羊達の放牧場の端っこにもよく生えてね、羊は食べないんだけど、上を通ったりすると色がついちゃうでしょ?

そしたらその部分の毛は使えなくなっちゃうから、花は取らなきゃいけないのよ。


でも、嫌な赤じゃないから染料とかにしちゃえないかなって始めたの。

そしたら、絵描きさんを連れて来てくれた。

どう?

絵描きさん。

私の赤は。」


ヴァロは少し困った。

赤色自体は最高だ。


しかしヴァロにはもっと最高な副産物があった。


この絵の具を使えば雨が降らない。


これはどう伝えたものか。

恐らく魔女の子供ということが関係している。

それを話したら怖がられたり、嫌われたりしないだろうか。


…やめよう。

言うのは簡単だけど、理解してもらうのは難しい。


ヴァロは持ったままの包みを解き出して中の絵を取り出した。

口でこの色の良さを説明するより解って貰えそうだ。


部屋に溶けるような、この部屋から抜け出たような、そんな絵は当然ここによく馴染む。

部屋を彩っている花達が材料なのだから。


「すごいね。」


そう、すごいんだ。

君の絵の具は。


「あなた、すごい絵描きさんなのね。」


違うよ。

不幸を呼ぶ絵描きさ。

でも、君の絵の具を使うとそうじゃなくなるんだ。


「ヴァロ、ラブリーデリ。

ヴァロラブリーデリっていうのね、あなた。


合ってる?

サインって読みにくいわよね。


そういえば名前も聞いてなかった。

私はフェリノ。


よろしくね、ヴァロ。」



ここからヴァロラブリーデリの絵には赤色が増えて行くこととなる。


その始まりの「まちかど」は赤いドレスの娼婦を描いたものだし、フェリノを描いた「最愛」は赤を基調とした絵画だ。

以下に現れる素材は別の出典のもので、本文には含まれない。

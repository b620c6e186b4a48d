//! What the calls of a lock answer.

/// What a call that makes a few atomic steps answers: not yet, with the token to go on with, or done.
#[derive(Drop)]
pub enum Step<N, G> {
    Not(N),
    Got(G),
}

/// There was no memory. The value comes back.
#[derive(Drop)]
pub struct Refused<V> {
    pub value: V,
}

/// What a holder learned of waiters, or what a value keeps of it: nothing yet, that nobody else waits, or that somebody does.
#[derive(Drop)]
pub enum Answer {
    Open,
    No,
    Yes,
}
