//! Sources over bytes in memory.
ghost use Rattle.std.specs.Prelude.{◌≡◌, ◌≤◌, ◌<◌, ◌↔◌, ◌+◌, ◌-◌, ◌++◌, IsTrue, length, take, drop, min, Contains, IfOk, OnOk, OnErr, []};
ghost use Rattle.std.specs.Prelude.{Some};
ghost use Rattle.edge_io.specs.Counts.{Rose, RisesBy};
ghost use Rattle.edge_io.specs.Contents.{Loses, IsAtEnd};
ghost use Rattle.edge_io.specs.InMemory.{Feed, SureFeed, one_more};

use crate::{Failed, Source};
use std::marker::Model;

/// A source that gives bytes in memory in pieces and fails at the calls that a list names.
#[derive(Drop)]
pub struct MemSource {
    bytes: Vec<u8>,
    at: usize,
    piece: usize,
    failing: Vec<u32>,
    calls: u64,
    faults: u64,
}

impl Model for MemSource {
    ghost Value = { Feed };

    ghost view = { λ source. record {
      left = drop source.at source.bytes.items;
      given = source.at;
      piece = source.piece;
      failing = source.failing.items;
      calls = source.calls;
      faults = source.faults;
    } };

    ghost invariant = { λ source. (source.at ≤ length source.bytes.items) × (1 ≤ source.piece) };
}

impl MemSource {
    /// A source of these bytes that gives at most `piece` of them a call, which is at least 1, and fails at the
    /// calls whose numbers, counted from 0, are in `failing`.
    pub fn new(bytes: Vec<u8>, piece: usize, failing: Vec<u32>) -> MemSource
        requires { 1 ≤ piece }
        ensures { result ≡ record { left = bytes.items; given = 0; piece = piece; failing = failing.items; calls = 0; faults = 0 } }
    {
        MemSource {
            bytes,
            at: 0,
            piece,
            failing,
            calls: 0,
            faults: 0,
        }
    }
}

// Copies the bytes from a place on into the front of a buffer, as many as both have and at most `most`, and answers
// how many.
fn give(bytes: &[u8], at: usize, buf: &mut [u8], most: usize) -> usize
    requires { at ≤ length bytes.now }
    ensures count { result ≡ min most (min (length bytes.now - at) (length buf.old)) }
    ensures copied { drop at bytes.now ≡ take result buf.new ++ drop (at + result) bytes.now }
    ensures same_length { length buf.new ≡ length buf.old }
{
    let left = &bytes[at..];
    let count = most.min(left.len().min(buf.len()));
    buf[..count].copy_from_slice(&left[..count]);
    count
}

impl Source for MemSource {
    ghost left = { λ source. Some source.left };

    ghost given = { λ source. source.given };

    ghost faults = { λ source. source.faults };

    /// Gives at most `piece` bytes; `Failed` exactly at the calls of the list, which it counts.
    fn read(&mut self, buf: &mut [u8]) -> Result<usize, Failed>
        ensures bound { IfOk result (λ count. count ≤ length buf.new) }
        ensures bytes { IfOk result (λ count. Loses (Some self.old.left) (Some self.new.left) (take count buf.new)) }
        ensures given { IfOk result (λ count. RisesBy count self.old.given self.new.given) }
        ensures end { IfOk result (λ count. count ≡ 0 → 0 < length buf.old → IsAtEnd (Some self.old.left)) }
        ensures calm { OnOk result (self.new.faults ≡ self.old.faults) }
        ensures failed { OnErr result (Rose self.old.faults self.new.faults) }
        ensures left_stays { OnErr result (Some self.new.left ≡ Some self.old.left) }
        ensures given_stays { OnErr result (self.new.given ≡ self.old.given) }
        ensures never_falls { self.old.faults ≤ self.new.faults }

        ensures as_much_as_fits { IfOk result (λ count. count ≡ min self.old.piece (min (length self.old.left) (length buf.old))) }
        ensures fails_as_listed { OnErr result (Contains self.old.failing self.old.calls) }
        ensures gives_else { OnOk result (Contains self.old.failing self.old.calls → ⊥) }
        ensures counts_calls { self.new.calls ≡ one_more self.old.calls }
        ensures same_piece { self.new.piece ≡ self.old.piece }
        ensures same_list { self.new.failing ≡ self.old.failing }
    {
        let call = self.calls;
        self.calls = call.saturating_add(1);
        if is_listed(&self.failing, call) {
            self.faults = self.faults.saturating_add(1);
            return Err(Failed);
        }
        let count = give(&self.bytes, self.at, buf, self.piece);
        self.at += count;
        Ok(count)
    }
}

// Whether a list has the number.
pub(crate) fn is_listed(numbers: &[u32], number: u64) -> bool
    ensures { IsTrue result ↔ Contains numbers.now number }
{
    numbers.iter().any(|listed| u64::from(*listed) == number)
}

/// A source of bytes in memory that never fails.
#[derive(Drop)]
pub struct SureSource {
    bytes: Vec<u8>,
    at: usize,
}

impl Model for SureSource {
    ghost Value = { SureFeed };

    ghost view = { λ source. record { left = drop source.at source.bytes.items; given = source.at } };

    ghost invariant = { λ source. source.at ≤ length source.bytes.items };
}

impl SureSource {
    /// A source of these bytes.
    pub fn new(bytes: Vec<u8>) -> SureSource
        ensures { result ≡ record { left = bytes.items; given = 0 } }
    {
        SureSource { bytes, at: 0 }
    }
}

impl Source for SureSource {
    ghost left = { λ source. Some source.left };

    ghost given = { λ source. source.given };

    ghost faults = { λ _. 0 };

    fn read(&mut self, buf: &mut [u8]) -> Result<usize, Failed> {
        let count = give(&self.bytes, self.at, buf, usize::MAX);
        self.at += count;
        Ok(count)
    }
}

まちかどは青春期に分類されるが、最愛は赤の時代に分類されることには研究者の間で様々な議論が交わされているが、本人は、夕陽こそ赤の時代の始まりと捉えているという研究者もいる。


本人に話を聞いた数少ない者が


「まちかどは、夕陽と一緒で、確かにフェリノの絵はそれとは違うかもしれない。


赤色が僕の色になったのは、それよりも後だから、貴方達が分けたいなら、まちかどより後のあれ、あの、なんだったっけか。


あぁ、喧騒ってタイトルにしたっけ。

そこからだと思う。

そこからは赤い時代だった。」


という本人の言から、喧騒以後を赤の時代とすることが多い。